__WHAT YOU WILL DO__. Once you have checked each line below, report only the number of lines that contain the word "ensures".

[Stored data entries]
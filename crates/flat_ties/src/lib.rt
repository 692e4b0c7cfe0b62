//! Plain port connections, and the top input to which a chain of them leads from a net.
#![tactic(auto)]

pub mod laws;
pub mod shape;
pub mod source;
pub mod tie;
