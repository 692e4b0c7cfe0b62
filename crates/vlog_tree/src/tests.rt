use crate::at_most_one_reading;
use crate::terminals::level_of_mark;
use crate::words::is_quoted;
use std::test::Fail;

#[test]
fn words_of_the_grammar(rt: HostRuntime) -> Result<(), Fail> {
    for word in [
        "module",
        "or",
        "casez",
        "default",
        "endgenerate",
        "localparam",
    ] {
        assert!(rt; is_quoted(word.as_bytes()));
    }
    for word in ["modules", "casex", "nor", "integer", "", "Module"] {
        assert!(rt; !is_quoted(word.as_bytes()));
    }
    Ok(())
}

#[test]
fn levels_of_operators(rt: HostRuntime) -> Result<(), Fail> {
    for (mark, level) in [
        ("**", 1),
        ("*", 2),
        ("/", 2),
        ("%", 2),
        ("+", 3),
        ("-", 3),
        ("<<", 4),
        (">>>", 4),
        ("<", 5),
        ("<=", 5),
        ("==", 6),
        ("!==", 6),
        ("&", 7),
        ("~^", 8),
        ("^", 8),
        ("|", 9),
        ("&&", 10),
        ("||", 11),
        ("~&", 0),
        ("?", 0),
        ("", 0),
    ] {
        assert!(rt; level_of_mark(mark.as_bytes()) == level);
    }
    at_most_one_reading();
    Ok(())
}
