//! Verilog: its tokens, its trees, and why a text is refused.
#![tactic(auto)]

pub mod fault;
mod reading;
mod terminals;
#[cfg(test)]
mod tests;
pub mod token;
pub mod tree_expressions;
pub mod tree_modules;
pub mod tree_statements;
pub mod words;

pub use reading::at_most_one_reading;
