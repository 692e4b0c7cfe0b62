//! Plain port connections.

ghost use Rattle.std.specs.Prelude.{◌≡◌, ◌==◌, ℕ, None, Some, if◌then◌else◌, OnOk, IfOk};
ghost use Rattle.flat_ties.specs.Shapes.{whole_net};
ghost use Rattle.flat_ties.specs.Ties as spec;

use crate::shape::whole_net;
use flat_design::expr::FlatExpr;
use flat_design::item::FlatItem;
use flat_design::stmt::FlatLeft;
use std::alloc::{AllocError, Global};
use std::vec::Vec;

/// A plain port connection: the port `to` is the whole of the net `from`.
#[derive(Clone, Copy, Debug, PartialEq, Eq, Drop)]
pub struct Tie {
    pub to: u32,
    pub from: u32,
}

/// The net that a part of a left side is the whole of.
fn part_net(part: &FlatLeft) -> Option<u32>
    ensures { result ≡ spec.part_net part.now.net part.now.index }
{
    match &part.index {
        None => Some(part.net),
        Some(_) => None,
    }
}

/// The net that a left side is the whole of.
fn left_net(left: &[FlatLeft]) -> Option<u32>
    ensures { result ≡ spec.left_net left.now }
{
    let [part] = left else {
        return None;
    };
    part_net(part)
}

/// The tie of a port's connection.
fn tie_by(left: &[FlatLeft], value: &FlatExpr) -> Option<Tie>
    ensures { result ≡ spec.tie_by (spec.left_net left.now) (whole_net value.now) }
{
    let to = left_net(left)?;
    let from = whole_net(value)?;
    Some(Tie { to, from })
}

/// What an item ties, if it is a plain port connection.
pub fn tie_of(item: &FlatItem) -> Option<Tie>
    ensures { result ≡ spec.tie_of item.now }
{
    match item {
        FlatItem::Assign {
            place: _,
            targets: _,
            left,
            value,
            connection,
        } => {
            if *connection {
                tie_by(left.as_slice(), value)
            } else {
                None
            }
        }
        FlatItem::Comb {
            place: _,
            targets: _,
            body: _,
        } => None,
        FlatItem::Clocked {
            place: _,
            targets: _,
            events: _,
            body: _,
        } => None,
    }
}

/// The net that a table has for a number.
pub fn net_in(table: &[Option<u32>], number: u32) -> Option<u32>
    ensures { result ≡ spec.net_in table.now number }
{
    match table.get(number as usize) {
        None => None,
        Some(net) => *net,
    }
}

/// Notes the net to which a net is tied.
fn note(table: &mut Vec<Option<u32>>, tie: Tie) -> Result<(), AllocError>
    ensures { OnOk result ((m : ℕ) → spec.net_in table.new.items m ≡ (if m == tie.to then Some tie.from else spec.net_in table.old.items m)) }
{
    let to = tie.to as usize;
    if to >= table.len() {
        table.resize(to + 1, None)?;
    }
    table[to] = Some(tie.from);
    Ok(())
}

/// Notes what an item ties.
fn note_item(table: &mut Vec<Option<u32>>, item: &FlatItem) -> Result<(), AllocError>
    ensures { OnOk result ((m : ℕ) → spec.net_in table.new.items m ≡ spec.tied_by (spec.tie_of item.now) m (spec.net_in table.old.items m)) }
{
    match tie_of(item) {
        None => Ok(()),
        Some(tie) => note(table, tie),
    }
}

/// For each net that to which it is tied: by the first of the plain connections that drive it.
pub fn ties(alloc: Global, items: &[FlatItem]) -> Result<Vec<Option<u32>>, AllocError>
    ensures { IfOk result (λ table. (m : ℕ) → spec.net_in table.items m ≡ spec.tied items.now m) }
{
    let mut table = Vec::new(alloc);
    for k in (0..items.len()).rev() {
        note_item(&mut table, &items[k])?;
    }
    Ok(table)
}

__RESPONSE BELOW__. 8